In the 1919 the Melbourne Argus newspaper ran this classified advertisement;

The following items, collected by on Official with the Aid of An Armed Force from Gabmatsung (and other districts) -carved figures, stone clubs, carved plates, bows and arrows, spears, native drum, clubs, horns, modlooms, native pillows, head dresses, bags, shells ornaments and butterflies. JW Styles and Son, Glenhuntly Rd, Caufield

=== WW2 ===

Between April 1943 and July 1943, the Allied Geographical Section of South West Pacific Area (command) conducted reconnaissance after the Japanese invasion. The Terrain Handbook states at page 18;

"Nadzab is located twenty-seven miles NW of Lae by road 900 yds by an indefinite width. Covered with Kunai grass. Good dispursal area. Emergency landing ground for heavy freight planes. Extension to 2000 yds thought possible".

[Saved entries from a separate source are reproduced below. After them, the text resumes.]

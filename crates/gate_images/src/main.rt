//! Tries images on networks that random deliveries left, under both rules. Each is written in both
//! forms and held to a second layout, byte for byte, the bytes behind it included; read, and
//! written again; moved to the other form; rejected with zeros behind it, and in another layout;
//! written into a buffer one byte short; and, out of shape, not written at all. Of some images
//! every byte is changed and every beginning is cut off: what is read of that writes back to the
//! same bytes, or is rejected with 13. At the end stands how much was tried. The second layout
//! shares with what it tries the numbering of the channels alone, which is proved. Start with
//! `layout`, then `trials`.
#![tactic(auto)]

mod layout;
mod lines;
mod tallies;
mod trials;
mod turned;

use abt_image_mover::Form;
use abt_record::Network;
use abt_words::printing::Out;
use gate_random::drafts::random_draft;
use gate_random::draws::{next, pick};
use gate_random::rails::play_random;
use layout::Image;
use std::alloc::{AllocError, Global};
use tallies::Tally;
use trials::{form_right, moves_right, no_image, read_right};
use turned::turn;

// ---- damage

impl Tally {
    fn count_change(&mut self, form: Form) {
        match form {
            Form::First => self.changed.add(1),
            Form::Second => self.small_changed.add(1),
        }
    }

    // Tries every beginning of the image.
    fn try_cuts(&mut self, image: &[u8]) {
        for k in 0..image.len() {
            self.judge(no_image(&image[..k]));
            self.cut.add(1);
        }
    }

    // Turns every byte of the image in turn into another one, for a while: by one bit at either
    // end, and downward.
    fn try_changes(&mut self, form: Form, image: &mut [u8]) {
        for more in [1, 128, 255] {
            for k in 0..image.len() {
                let byte = image[k];
                image[k] = byte.wrapping_add(more);
                self.judge(read_right(image));
                image[k] = byte;
                self.count_change(form);
            }
        }
    }
}

// ---- one network

impl Tally {
    // Tries the image in another layout, where there is one: it is rejected.
    fn try_turned(&mut self, mut image: Image, r: &Network) -> Result<(), AllocError> {
        if turn(&mut image, r) {
            self.turned.add(1);
            self.judge(no_image(&image.first_form()?));
        }
        Ok(())
    }

    // Tries the image in both forms. Damage is tried on one network in a hundred.
    fn try_image(&mut self, alloc: Global, r: &Network, damage: bool) -> Result<(), AllocError> {
        let image = Image::of(alloc, r)?;
        let mut first = image.first_form()?;
        let mut second = image.second_form()?;
        self.messages.add(image.messages.len() as u64);
        self.judge(form_right(alloc, r, Form::First, &first)?);
        self.judge(form_right(alloc, r, Form::Second, &second)?);
        self.judge(moves_right(&first, &second));
        self.moved.add(2);
        self.try_turned(image, r)?;
        if damage {
            self.try_cuts(&first);
            self.try_changes(Form::First, &mut first);
            self.try_changes(Form::Second, &mut second);
        }
        Ok(())
    }

    fn try_rail(&mut self, alloc: Global, r: &Network, damage: bool) -> Result<(), AllocError> {
        self.rails.add(1);
        self.by_rule_2.add(u64::from(r.rule == 2));
        self.at_verdict.add(u64::from(r.unsolvable));
        self.try_image(alloc, r, damage)
    }
}

// The network that up to 60 deliveries leave, where the start takes the sheet that is drawn.
fn rail_of(rule: u8, state: u64) -> Option<Network> {
    let draft = random_draft(state);
    let fresh = abt_start::start(rule, draft.sheet()).ok()?;
    let most = pick(draft.state, 60);
    Some(play_random(fresh, draft.state, most).rail)
}

fn main(rt: HostRuntime) -> Result<(), AllocError> {
    let mut tally = Tally::new();
    let mut state: u64 = 20261116;
    for k in 0..1000 {
        state = next(state);
        for rule in [1, 2] {
            if let Some(rail) = rail_of(rule, state) {
                tally.try_rail(rt.alloc(), &rail, k % 100 == 0)?;
            }
        }
    }
    tally.report(Out::new(rt.stdout()));
    Ok(())
}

The Landing at Nadzab was the first parachute jump for the 503rd Parachute Regiment on 5 September 1943. In conjunction with the Amphibious Landing East of Malahang, it was to be the start of the liberation of Lae from Japanese Occupation.

On 8 September 1943, MACARTHUR'S communique states;

more than 60,000 rounds of ammunition, silencing artillery positions and destroying installations at Gabsonkek (21 miles north-west of Lae), Munum (six miles east of Gabsonkek). Yalu, Nara kapor (14 miles North west of Lae), and Labu Island (60 miles south-west of Lae)

After the landing, the 503rd Headquarters Company established themselves at the Gabonkek village and it was at this time that the descending wildcat logo became their official insignia, until the Battle of Philippines when the insignia was changed to the Rock Patch.

On 19 September 1943 the Gabmatsung Lutheran Mission was converted into the 2/4th Australian Field Ambulance main dressing station for the 7th Australian Division

=== Cemetery ===

During WW2, the United States Army established a cemetery used for the duration of the war. All burials were later exhumed and transported to the United States or Manila American Cemetery.

=== Aerial spraying ===

In 1992 the Veterans' Review Board (Australia) (Note: see ) heard evidence that chemical DDT aerial spraying and Pyrethrum bombs may have been used in and around Nadzab in November 1944. Number 9 Local Air Supply Unit located at Lae, carried out test air-spraying in an unspecified location in March 1945. The United States Army Air Service units at Nadzab carried out DDT air-spraying experiments locally up to at least November 1944, until about April 1945.